It was in the days when it was still possible to travel between Ukraine and Belarus. On August 24, 2017, 19-year-old student Pavlo Hryb arrived by bus from Kyiv to the city of Homel in the south of Belarus. He wanted to meet his Russian friend. He chose Belarus because Russia was no longer safe for Ukrainians. He still tells about what happened to him and warns others.
He did meet the girl in the city, but he did not get on the bus back to Kyiv. His father Ihor waited for him at home in vain, his son did not even respond to calls and text messages on his mobile phone. On the day that Ukraine celebrates as Independence Day, Pavel Hryb was surrounded by members of the Russian Federal Security Service (FSB), stuffed into a van and drove away.
“They kept claiming that they arrested me. They didn’t arrest me, they kidnapped me. They couldn’t officially arrest me in Belarus, so they staged it as if I had come to Russia in the Smolensk region, which is on the border with Belarus,” the 25-year-old Ukrainian recalls today in an interview for online newspaper Aktuálně.cz. Hryb recently arrived in Prague as a member of the Ukrainian Platform for the Release of Political Prisoners, a movement that advocates the release of Ukrainians captured by Russia or deported to Russia.
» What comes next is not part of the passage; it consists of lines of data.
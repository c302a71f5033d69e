//! The test of questions: what a question asks for, or why it is refused, by the plain facts of the streams.
ghost use Rattle.std.specs.Prelude.{◌≡◌, ℕ, ◌+◌, ◌<◌, ◌≤◌, List, length, IfOk, IfErr, IfSome, MatchOption};
ghost use Rattle.btr_hist.specs.declared.entry.Entry.{Entry as EntrySpec};
ghost use Rattle.btr_hist.specs.declared.query.Query.TheVariants as ask;
ghost use Rattle.btr_hist.specs.History.{ids, is_output, read_by, earliest};
ghost use Rattle.btr_hist.specs.Answer.{answer, version_of};
ghost use Rattle.btr_streams.specs.Board.{HasVersion, latest_of};
ghost use Rattle.btr_streams.specs.Wanted.{answer_of_test, MayBeRead};
ghost use Rattle.btr_streams.specs.Answering.{IsVersion, IsPresentVersion, IsNumbered, IsAskedRange};
ghost use Rattle.btr_streams.specs.Answering.{RefusesEach, RefusesRetired, RefusesVersion, RefusesRange};

use btr_base::{MAX_EXPONENT, MAX_WIDTH, Range, Toward};
use btr_hist::{At, Query, Reads, Refusal, VersionAsked};

/// The plain facts of the streams of a store, by which a question is tested. Each call takes no memory.
pub trait StreamFacts {
    /// The facts are those of this history.
    ghost IsOf: { List EntrySpec → Self → Type 0 };

    /// The number of versions of each stream, with version 0; 0 if there is no such stream.
    ghost versions: { Self → ℕ → ℕ };

    /// The latest version of a stream, or `None` if there is no such stream.
    fn latest_version(&self, stream: u32) -> Option<u64>
        ensures of { (h : List EntrySpec) → IsOf h self.now → result ≡ latest_of h stream }
        ensures counted { IfSome result (λ version. versions self.now stream ≡ version + 1) };

    /// The first version of a stream that is not retired, 0 if none is.
    fn earliest_version(&self, stream: u32) -> u64
        ensures { (h : List EntrySpec) → IsOf h self.now → stream < length (ids h) → result ≡ earliest h stream };

    /// Whether a stream is an output, which is computed from other streams.
    fn is_output(&self, stream: u32) -> bool
        ensures { (h : List EntrySpec) → IsOf h self.now → stream < length (ids h) → result ≡ is_output h stream };

    /// The versions of its inputs that a version of an output was computed from.
    fn versions_read(&self, stream: u32, version: u64) -> Option<Reads>
        ensures { (h : List EntrySpec) → IsOf h self.now → HasVersion h stream version → result ≡ read_by h stream version };
}

/// What a question asks for that is not refused. Each variant is that of the [`Query`] of the same name. The versions are there and not
/// retired, and the range and the other numbers are good.
#[derive(Clone, Copy)]
pub enum Wanted {
    /// The points of a range.
    Points {
        stream: u32,
        version: u64,
        range: Range,
    },

    /// The point nearest to a time, in nanoseconds.
    Nearest {
        stream: u32,
        version: u64,
        time: i64,
        toward: Toward,
    },

    /// The aligned windows of `2^p` ns that meet a range.
    Aligned {
        stream: u32,
        version: u64,
        range: Range,
        p: u8,
    },

    /// The windows of a width, in nanoseconds, from the start of a range on.
    Windows {
        stream: u32,
        version: u64,
        range: Range,
        width: u64,
    },

    /// The slots of `2^p` ns in which two versions differ, of which the first is not the later one.
    Changes {
        stream: u32,
        old: u64,
        new: u64,
        p: u8,
    },

    /// The aggregate of all points of a version. The rest of the answer is here: the kind of the stream, and what the version has read.
    Info {
        stream: u32,
        version: u64,
        output: bool,
        reads: Option<Reads>,
    },

    /// All streams.
    Streams,
}

/// Tests a question: returns what it asks for, or why it is refused. It costs as much as four calls of the facts at most, and takes no
/// memory.
pub fn test_query<F: StreamFacts>(facts: &F, query: &Query) -> Result<Wanted, Refusal>
    ensures tested { (h : List EntrySpec) → F.IsOf h facts.now → answer_of_test h result ≡ answer h query.now }
    ensures may { IfOk result (MayBeRead (F.versions facts.now)) }
{
    match *query {
        Query::Points {
            stream,
            from,
            to,
            at,
        } => test_points(facts, VersionAsked { stream, at }, from, to),
        Query::Nearest {
            stream,
            time,
            toward,
            at,
        } => test_nearest(facts, VersionAsked { stream, at }, time, toward),
        Query::Aligned {
            stream,
            from,
            to,
            p,
            at,
        } => test_aligned(facts, VersionAsked { stream, at }, from, to, p),
        Query::Windows {
            stream,
            from,
            to,
            width,
            at,
        } => test_windows(facts, VersionAsked { stream, at }, from, to, width),
        Query::Changes {
            stream,
            old,
            new,
            p,
        } => test_changes(facts, stream, old, new, p),
        Query::Info { stream, at } => test_info(facts, VersionAsked { stream, at }),
        Query::Streams => Ok(Wanted::Streams),
    }
}

/// Tests a question about the points of a range.
fn test_points<F: StreamFacts>(
    facts: &F,
    asked: VersionAsked,
    from: i64,
    to: i64,
) -> Result<Wanted, Refusal>
    ensures tested { (h : List EntrySpec) → F.IsOf h facts.now
        → answer_of_test h result ≡ answer h (ask.Points asked.stream from to asked.at) }
    ensures may { IfOk result (MayBeRead (F.versions facts.now)) }
{
    let (version, range) = match range_asked(facts, asked, from, to) {
        Ok(there) => there,
        Err(refusal) => return Err(refusal),
    };
    Ok(Wanted::Points {
        stream: asked.stream,
        version,
        range,
    })
}

/// Tests a question about the point nearest to a time.
fn test_nearest<F: StreamFacts>(
    facts: &F,
    asked: VersionAsked,
    time: i64,
    toward: Toward,
) -> Result<Wanted, Refusal>
    ensures tested { (h : List EntrySpec) → F.IsOf h facts.now
        → answer_of_test h result ≡ answer h (ask.Nearest asked.stream time toward asked.at) }
    ensures may { IfOk result (MayBeRead (F.versions facts.now)) }
{
    match version_asked(facts, asked) {
        Ok(version) => Ok(Wanted::Nearest {
            stream: asked.stream,
            version,
            time,
            toward,
        }),
        Err(refusal) => Err(refusal),
    }
}

/// Tests a question about the aligned windows that meet a range.
fn test_aligned<F: StreamFacts>(
    facts: &F,
    asked: VersionAsked,
    from: i64,
    to: i64,
    p: u8,
) -> Result<Wanted, Refusal>
    ensures tested { (h : List EntrySpec) → F.IsOf h facts.now
        → answer_of_test h result ≡ answer h (ask.Aligned asked.stream from to p asked.at) }
    ensures may { IfOk result (MayBeRead (F.versions facts.now)) }
{
    let (version, range) = match range_asked(facts, asked, from, to) {
        Ok(there) => there,
        Err(refusal) => return Err(refusal),
    };
    if p > MAX_EXPONENT {
        return Err(Refusal::BadRange);
    }
    Ok(Wanted::Aligned {
        stream: asked.stream,
        version,
        range,
        p,
    })
}

/// Tests a question about the windows of a width, from the start of a range on.
fn test_windows<F: StreamFacts>(
    facts: &F,
    asked: VersionAsked,
    from: i64,
    to: i64,
    width: u64,
) -> Result<Wanted, Refusal>
    ensures tested { (h : List EntrySpec) → F.IsOf h facts.now
        → answer_of_test h result ≡ answer h (ask.Windows asked.stream from to width asked.at) }
    ensures may { IfOk result (MayBeRead (F.versions facts.now)) }
{
    let (version, range) = match range_asked(facts, asked, from, to) {
        Ok(there) => there,
        Err(refusal) => return Err(refusal),
    };
    if width == 0 || width > MAX_WIDTH {
        return Err(Refusal::BadRange);
    }
    Ok(Wanted::Windows {
        stream: asked.stream,
        version,
        range,
        width,
    })
}

/// Tests a question about the slots in which two versions differ.
fn test_changes<F: StreamFacts>(
    facts: &F,
    stream: u32,
    old: u64,
    new: u64,
    p: u8,
) -> Result<Wanted, Refusal>
    ensures tested { (h : List EntrySpec) → F.IsOf h facts.now → answer_of_test h result ≡ answer h (ask.Changes stream old new p) }
    ensures may { IfOk result (MayBeRead (F.versions facts.now)) }
{
    let newest = At::Number(old.max(new));
    if let Err(refusal) = kept_version(facts, VersionAsked { stream, at: newest }) {
        return Err(refusal);
    }
    if let Some(refusal) = retired(facts, stream, old.min(new)) {
        return Err(refusal);
    }
    if old > new || p > MAX_EXPONENT {
        return Err(Refusal::BadRange);
    }
    Ok(Wanted::Changes {
        stream,
        old,
        new,
        p,
    })
}

/// Tests a question about a whole version.
fn test_info<F: StreamFacts>(facts: &F, asked: VersionAsked) -> Result<Wanted, Refusal>
    ensures tested { (h : List EntrySpec) → F.IsOf h facts.now
        → answer_of_test h result ≡ answer h (ask.Info asked.stream asked.at) }
    ensures may { IfOk result (MayBeRead (F.versions facts.now)) }
{
    match version_asked(facts, asked) {
        Ok(version) => Ok(Wanted::Info {
            stream: asked.stream,
            version,
            output: facts.is_output(asked.stream),
            reads: facts.versions_read(asked.stream, version),
        }),
        Err(refusal) => Err(refusal),
    }
}

/// Returns the version that a question asks for, and the range, or why the question is refused.
fn range_asked<F: StreamFacts>(
    facts: &F,
    asked: VersionAsked,
    from: i64,
    to: i64,
) -> Result<(u64, Range), Refusal>
    ensures there { (h : List EntrySpec) → F.IsOf h facts.now
        → IfOk result (λ r. IsPresentVersion h asked.stream (version_of h asked.stream asked.at) r.0) }
    ensures within { IfOk result (λ r. r.0 < F.versions facts.now asked.stream) }
    ensures range { IfOk result (λ r. IsAskedRange from to r.1) }
    ensures refused { (h : List EntrySpec) → F.IsOf h facts.now → IfErr result (RefusesRange h asked.stream from to asked.at) }
{
    let version = match version_asked(facts, asked) {
        Ok(version) => version,
        Err(refusal) => return Err(refusal),
    };
    match Range::new(from, to) {
        Some(range) => Ok((version, range)),
        None => Err(Refusal::BadRange),
    }
}

/// Returns the number of the version that a question asks for, or why the question is refused.
fn version_asked<F: StreamFacts>(facts: &F, asked: VersionAsked) -> Result<u64, Refusal>
    ensures there { (h : List EntrySpec) → F.IsOf h facts.now
        → IfOk result (IsPresentVersion h asked.stream (version_of h asked.stream asked.at)) }
    ensures within { IfOk result (λ version. version < F.versions facts.now asked.stream) }
    ensures refused { (h : List EntrySpec) → F.IsOf h facts.now → IfErr result (RefusesVersion h asked.stream asked.at) }
{
    let version = match kept_version(facts, asked) {
        Ok(version) => version,
        Err(refusal) => return Err(refusal),
    };
    match retired(facts, asked.stream, version) {
        Some(refusal) => Err(refusal),
        None => Ok(version),
    }
}

/// Returns why a question about this version of a stream is refused if it is retired, or `None` if it is not.
fn retired<F: StreamFacts>(facts: &F, stream: u32, asked: u64) -> Option<Refusal>
    ensures { (h : List EntrySpec) → F.IsOf h facts.now → stream < length (ids h)
        → MatchOption result (earliest h stream ≤ asked) (RefusesRetired h stream asked) }
{
    let first = facts.earliest_version(stream);
    if asked < first {
        return Some(Refusal::Retired { asked, first });
    }
    None
}

/// Returns the number of the version that a question asks for, which may be retired, or why the question is refused.
fn kept_version<F: StreamFacts>(facts: &F, asked: VersionAsked) -> Result<u64, Refusal>
    ensures there { (h : List EntrySpec) → F.IsOf h facts.now
        → IfOk result (IsVersion h asked.stream (version_of h asked.stream asked.at)) }
    ensures numbered { IfOk result (IsNumbered asked.at) }
    ensures within { IfOk result (λ version. version < F.versions facts.now asked.stream) }
    ensures refused { (h : List EntrySpec) → F.IsOf h facts.now → IfErr result (RefusesEach h asked.stream asked.at) }
{
    let VersionAsked { stream, at } = asked;
    let Some(latest) = facts.latest_version(stream) else {
        return Err(Refusal::NoStream);
    };
    let asked = match at {
        At::Number(number) => number,
        At::Latest => latest,
    };
    if asked > latest {
        return Err(Refusal::NoVersion { asked, latest });
    }
    Ok(asked)
}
Hryb was then taken to a detention center in Krasnodar, where he was informed of the charges. “They read to me that I was charged under Articles 251 and 205 of the Russian Legal Code. Of preparing a terrorist act with the intention of killing people. But I did not commit anything and refused to plead guilty,” says Hryb. “These are not our methods, we do not kill innocent people.
But the prosecution claimed that during the conversation he encouraged his Russian friend to build an explosive device and detonate a bomb at a school in Sochi.
The situation was also complicated by the fact that the Ukrainian consul in Rostov-on-Don did not receive information about Hryb’s detention in Russia until two weeks after he was taken into custody.
Two years in a Russian prison
As a very young man, Pavlo Hryb took part in the protests in Kyiv in 2014, known as Euromaidan. On social networks, he declared himself Ukrainian patriotism, and on the VKontakte communication platform he used the name of the former commander of the Ukrainian Insurgent Army Roman Shuchevych, a fighter for Ukraine’s independence against the Soviet regime, as a pseudonym.
Pavlo’s father Ihor participated as a soldier in operations against Russian soldiers and pro-Russian separatists in the Donbass in 2014.
During the trial, the Russians called Hryb a far-right nationalist. The sentence was six years in prison. In total, he spent two years and two weeks behind bars in Russia.
He was released on March 7, 2019 in a major exchange. The Russians together with him released, for example, the well-known Ukrainian film director Oleh Sentsov.
It later became clear that the Russian girl Hryb met in Belarus was coerced by the FSB into cooperation.
“I was in prison in different places in Russia. Actually, there were never many ethnic Russians with me, they were often people of many nationalities,” he says now years after the Games. “The Bachars treated me differently, they were not all the same. But it didn’t even matter to them themselves – whether they liked someone or not. The prison management decides how they treat the prisoners. What and how the prison director wants, that’s how it is Yippee.”
Heroes and traitors
The game was released before the Russian invasion, which began last February and has not ended to this day. According to him, thoughts about Ukraine’s victory in the war are premature. “Victory is not close. I’m no military expert, but I can see that we’re short of men, and that’s a problem. There’s little time to prepare. But I didn’t expect us to rally so much and push them back. Some people have shown heroism, but the traitors also showed up,” he says about the current situation.
He doesn’t really want to look back on how he spent the last year and is rather brief in his answer. “Of course it was very difficult. But we live and fight for our existence.”